[Work required] Reproduce the records below exactly, but only between the lines holding "first = false;" and "the last row.", inclusive.
Exercise inputs: Begin
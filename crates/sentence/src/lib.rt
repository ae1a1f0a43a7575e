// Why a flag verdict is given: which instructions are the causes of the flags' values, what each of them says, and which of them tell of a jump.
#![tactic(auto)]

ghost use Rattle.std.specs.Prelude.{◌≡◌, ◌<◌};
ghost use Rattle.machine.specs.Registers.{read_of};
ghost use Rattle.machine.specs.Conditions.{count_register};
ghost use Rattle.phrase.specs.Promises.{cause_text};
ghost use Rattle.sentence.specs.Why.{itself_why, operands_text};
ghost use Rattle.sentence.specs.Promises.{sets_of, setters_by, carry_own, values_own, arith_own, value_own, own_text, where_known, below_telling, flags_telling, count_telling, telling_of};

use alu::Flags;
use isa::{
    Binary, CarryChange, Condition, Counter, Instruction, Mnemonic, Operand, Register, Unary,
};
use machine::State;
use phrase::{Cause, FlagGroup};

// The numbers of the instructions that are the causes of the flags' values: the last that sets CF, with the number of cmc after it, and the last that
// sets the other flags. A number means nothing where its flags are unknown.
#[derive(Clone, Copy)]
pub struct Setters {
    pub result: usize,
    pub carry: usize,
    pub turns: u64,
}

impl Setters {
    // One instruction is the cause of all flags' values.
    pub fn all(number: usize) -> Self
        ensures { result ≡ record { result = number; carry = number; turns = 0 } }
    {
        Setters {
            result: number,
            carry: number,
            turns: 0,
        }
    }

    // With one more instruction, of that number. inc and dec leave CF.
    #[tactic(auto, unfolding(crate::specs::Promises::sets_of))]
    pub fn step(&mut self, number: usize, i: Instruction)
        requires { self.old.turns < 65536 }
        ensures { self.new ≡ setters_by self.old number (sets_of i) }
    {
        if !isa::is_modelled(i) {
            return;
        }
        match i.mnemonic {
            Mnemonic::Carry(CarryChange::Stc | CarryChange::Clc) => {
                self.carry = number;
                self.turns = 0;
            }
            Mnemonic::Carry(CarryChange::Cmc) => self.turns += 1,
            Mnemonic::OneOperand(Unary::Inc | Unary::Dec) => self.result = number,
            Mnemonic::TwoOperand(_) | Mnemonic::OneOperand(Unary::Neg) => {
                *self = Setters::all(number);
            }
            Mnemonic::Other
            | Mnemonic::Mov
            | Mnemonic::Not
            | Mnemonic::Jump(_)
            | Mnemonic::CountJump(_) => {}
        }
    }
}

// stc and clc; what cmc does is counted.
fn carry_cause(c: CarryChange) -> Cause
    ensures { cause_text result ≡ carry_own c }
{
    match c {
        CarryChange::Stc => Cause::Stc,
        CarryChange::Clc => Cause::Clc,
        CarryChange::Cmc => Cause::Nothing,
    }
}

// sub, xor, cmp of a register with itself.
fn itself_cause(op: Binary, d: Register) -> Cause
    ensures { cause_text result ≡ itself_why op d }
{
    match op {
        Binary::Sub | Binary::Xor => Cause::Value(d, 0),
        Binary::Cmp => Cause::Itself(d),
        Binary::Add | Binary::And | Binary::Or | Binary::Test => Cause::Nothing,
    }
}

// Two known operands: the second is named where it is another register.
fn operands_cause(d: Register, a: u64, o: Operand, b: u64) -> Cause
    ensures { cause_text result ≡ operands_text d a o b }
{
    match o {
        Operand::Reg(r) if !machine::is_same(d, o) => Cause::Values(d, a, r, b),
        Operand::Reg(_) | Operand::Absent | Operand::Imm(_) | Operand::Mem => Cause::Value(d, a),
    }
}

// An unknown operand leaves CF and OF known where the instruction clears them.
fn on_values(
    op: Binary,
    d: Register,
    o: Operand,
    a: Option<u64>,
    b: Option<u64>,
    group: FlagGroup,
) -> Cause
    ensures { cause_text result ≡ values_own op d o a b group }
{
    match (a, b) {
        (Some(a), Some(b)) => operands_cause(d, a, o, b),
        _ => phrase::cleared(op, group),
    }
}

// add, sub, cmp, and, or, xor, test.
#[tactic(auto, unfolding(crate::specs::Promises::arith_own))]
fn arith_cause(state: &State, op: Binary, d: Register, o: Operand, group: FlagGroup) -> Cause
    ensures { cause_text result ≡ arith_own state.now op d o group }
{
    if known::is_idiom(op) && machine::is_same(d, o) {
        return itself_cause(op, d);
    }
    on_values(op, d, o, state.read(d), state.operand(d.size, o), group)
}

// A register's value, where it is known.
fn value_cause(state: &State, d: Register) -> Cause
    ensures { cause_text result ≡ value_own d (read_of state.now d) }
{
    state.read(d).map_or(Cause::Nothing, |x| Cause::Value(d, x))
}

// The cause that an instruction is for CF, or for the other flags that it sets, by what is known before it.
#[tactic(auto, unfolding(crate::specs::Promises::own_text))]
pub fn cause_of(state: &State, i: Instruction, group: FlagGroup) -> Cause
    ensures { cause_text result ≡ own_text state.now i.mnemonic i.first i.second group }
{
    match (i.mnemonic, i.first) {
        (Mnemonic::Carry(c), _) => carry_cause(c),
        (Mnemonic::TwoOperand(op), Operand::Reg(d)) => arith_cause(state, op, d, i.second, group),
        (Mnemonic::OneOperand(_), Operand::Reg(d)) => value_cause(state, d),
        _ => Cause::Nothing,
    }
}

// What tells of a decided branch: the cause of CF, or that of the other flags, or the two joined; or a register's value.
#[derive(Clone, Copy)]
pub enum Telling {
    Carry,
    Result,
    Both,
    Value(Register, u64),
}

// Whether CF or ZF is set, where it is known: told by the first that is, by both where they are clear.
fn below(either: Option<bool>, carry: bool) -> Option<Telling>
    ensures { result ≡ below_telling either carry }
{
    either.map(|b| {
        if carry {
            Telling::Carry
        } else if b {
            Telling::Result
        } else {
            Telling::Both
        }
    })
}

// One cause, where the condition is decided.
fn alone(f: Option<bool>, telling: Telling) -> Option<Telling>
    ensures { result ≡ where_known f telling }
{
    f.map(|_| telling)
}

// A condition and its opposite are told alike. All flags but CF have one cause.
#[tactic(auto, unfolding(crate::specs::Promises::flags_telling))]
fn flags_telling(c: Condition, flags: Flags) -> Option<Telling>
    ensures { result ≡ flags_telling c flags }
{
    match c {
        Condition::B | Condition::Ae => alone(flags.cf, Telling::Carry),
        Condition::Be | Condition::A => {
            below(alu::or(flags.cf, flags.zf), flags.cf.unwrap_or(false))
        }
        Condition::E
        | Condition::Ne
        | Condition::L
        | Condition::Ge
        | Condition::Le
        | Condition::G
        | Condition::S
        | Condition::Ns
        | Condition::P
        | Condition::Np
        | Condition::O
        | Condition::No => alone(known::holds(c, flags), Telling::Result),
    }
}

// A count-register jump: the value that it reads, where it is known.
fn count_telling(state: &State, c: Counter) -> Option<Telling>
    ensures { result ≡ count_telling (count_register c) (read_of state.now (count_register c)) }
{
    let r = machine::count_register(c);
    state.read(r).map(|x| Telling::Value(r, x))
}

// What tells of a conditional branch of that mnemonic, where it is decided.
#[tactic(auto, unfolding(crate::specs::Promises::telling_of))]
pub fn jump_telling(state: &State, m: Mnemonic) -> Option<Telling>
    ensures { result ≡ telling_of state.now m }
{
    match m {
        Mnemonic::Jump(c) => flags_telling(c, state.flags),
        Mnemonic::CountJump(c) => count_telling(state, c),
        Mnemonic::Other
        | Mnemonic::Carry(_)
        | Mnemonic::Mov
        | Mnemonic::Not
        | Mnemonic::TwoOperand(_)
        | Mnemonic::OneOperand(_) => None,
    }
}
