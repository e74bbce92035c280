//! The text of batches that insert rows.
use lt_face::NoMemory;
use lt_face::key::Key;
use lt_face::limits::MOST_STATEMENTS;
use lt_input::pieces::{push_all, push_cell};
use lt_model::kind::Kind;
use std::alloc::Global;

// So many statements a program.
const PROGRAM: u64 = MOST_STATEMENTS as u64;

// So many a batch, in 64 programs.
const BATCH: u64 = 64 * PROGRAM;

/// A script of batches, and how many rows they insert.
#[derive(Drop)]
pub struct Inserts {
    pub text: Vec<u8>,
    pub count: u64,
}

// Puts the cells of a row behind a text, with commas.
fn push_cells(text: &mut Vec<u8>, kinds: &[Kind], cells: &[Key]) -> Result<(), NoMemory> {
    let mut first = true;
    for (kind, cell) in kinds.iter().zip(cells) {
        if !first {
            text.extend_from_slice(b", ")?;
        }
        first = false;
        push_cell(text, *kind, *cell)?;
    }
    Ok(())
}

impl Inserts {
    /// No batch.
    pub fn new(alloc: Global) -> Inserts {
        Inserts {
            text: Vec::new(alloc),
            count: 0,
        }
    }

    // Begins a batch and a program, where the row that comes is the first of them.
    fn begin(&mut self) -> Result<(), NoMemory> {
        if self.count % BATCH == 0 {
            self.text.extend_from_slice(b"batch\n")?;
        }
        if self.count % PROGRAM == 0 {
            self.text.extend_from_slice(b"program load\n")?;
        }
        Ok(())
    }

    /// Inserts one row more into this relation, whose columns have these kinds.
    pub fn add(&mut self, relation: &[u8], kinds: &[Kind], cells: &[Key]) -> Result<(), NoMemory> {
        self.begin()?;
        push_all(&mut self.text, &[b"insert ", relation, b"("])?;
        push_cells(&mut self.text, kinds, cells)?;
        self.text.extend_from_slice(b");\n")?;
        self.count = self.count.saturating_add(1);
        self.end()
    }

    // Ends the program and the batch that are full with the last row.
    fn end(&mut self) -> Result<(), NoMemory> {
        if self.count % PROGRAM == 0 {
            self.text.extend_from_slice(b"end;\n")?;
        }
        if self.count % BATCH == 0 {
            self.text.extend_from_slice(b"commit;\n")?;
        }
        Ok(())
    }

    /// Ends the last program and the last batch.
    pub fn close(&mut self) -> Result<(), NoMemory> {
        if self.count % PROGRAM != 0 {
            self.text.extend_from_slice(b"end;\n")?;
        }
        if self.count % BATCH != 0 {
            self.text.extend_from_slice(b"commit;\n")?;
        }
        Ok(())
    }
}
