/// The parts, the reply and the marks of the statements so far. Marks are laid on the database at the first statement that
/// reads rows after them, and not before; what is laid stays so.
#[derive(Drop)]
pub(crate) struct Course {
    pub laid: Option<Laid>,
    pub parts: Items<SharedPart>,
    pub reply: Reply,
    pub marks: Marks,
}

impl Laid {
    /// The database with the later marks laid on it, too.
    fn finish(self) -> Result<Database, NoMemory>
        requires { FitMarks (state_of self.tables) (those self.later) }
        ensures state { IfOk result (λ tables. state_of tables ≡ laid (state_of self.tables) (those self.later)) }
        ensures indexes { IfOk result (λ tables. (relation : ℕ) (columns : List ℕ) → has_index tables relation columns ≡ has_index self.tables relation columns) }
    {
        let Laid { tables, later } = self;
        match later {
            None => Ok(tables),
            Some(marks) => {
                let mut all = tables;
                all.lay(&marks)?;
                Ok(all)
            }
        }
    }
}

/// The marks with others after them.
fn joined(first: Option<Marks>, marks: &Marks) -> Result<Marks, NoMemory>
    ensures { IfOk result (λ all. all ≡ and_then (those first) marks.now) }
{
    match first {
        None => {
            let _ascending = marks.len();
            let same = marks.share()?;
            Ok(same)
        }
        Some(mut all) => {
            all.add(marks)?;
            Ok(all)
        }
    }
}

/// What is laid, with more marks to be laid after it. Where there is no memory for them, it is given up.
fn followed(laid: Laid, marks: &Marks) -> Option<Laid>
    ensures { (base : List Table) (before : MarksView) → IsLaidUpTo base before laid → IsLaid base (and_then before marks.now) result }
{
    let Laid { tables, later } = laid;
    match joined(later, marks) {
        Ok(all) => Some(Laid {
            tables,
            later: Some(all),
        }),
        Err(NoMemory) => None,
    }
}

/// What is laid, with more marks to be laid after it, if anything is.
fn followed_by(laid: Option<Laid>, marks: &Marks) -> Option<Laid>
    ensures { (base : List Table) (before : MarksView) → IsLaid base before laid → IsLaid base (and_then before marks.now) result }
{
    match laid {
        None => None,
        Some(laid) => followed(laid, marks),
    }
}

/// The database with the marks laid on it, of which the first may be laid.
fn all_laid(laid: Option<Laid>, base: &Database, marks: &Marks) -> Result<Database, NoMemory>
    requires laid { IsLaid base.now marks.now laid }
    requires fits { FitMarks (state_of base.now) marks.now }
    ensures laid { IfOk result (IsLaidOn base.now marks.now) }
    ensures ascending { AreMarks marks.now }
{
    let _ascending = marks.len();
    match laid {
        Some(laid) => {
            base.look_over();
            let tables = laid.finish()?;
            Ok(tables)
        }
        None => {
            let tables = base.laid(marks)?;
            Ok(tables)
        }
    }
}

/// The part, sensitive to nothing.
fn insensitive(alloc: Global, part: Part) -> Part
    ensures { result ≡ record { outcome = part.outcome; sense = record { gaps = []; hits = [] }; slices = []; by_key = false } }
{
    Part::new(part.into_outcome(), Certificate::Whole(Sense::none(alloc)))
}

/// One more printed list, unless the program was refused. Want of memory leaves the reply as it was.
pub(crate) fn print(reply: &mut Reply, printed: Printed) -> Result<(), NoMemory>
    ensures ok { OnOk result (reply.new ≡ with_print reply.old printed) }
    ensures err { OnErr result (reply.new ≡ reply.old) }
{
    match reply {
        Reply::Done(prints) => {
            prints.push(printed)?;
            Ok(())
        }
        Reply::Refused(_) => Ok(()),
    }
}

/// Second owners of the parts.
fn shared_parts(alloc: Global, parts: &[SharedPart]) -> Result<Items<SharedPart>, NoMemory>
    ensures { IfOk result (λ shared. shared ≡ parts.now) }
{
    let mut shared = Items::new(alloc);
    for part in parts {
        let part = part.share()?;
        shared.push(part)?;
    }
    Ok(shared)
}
Exercise inputs: End
[Exercise response]
        first = false;
        push_cell(text, *kind, *cell)?;
    }
    Ok(())
}

impl Inserts {
    /// No batch.
    pub fn new(alloc: Global) -> Inserts {
        Inserts {
            text: Vec::new(alloc),
            count: 0,
        }
    }

    // Begins a batch and a program, where the row that comes is the first of them.
    fn begin(&mut self) -> Result<(), NoMemory> {
        if self.count % BATCH == 0 {
            self.text.extend_from_slice(b"batch\n")?;
        }
        if self.count % PROGRAM == 0 {
            self.text.extend_from_slice(b"program load\n")?;
        }
        Ok(())
    }

    /// Inserts one row more into this relation, whose columns have these kinds.
    pub fn add(&mut self, relation: &[u8], kinds: &[Kind], cells: &[Key]) -> Result<(), NoMemory> {
        self.begin()?;
        push_all(&mut self.text, &[b"insert ", relation, b"("])?;
        push_cells(&mut self.text, kinds, cells)?;
        self.text.extend_from_slice(b");\n")?;
        self.count = self.count.saturating_add(1);
        self.end()
    }

    // Ends the program and the batch that are full with the last row.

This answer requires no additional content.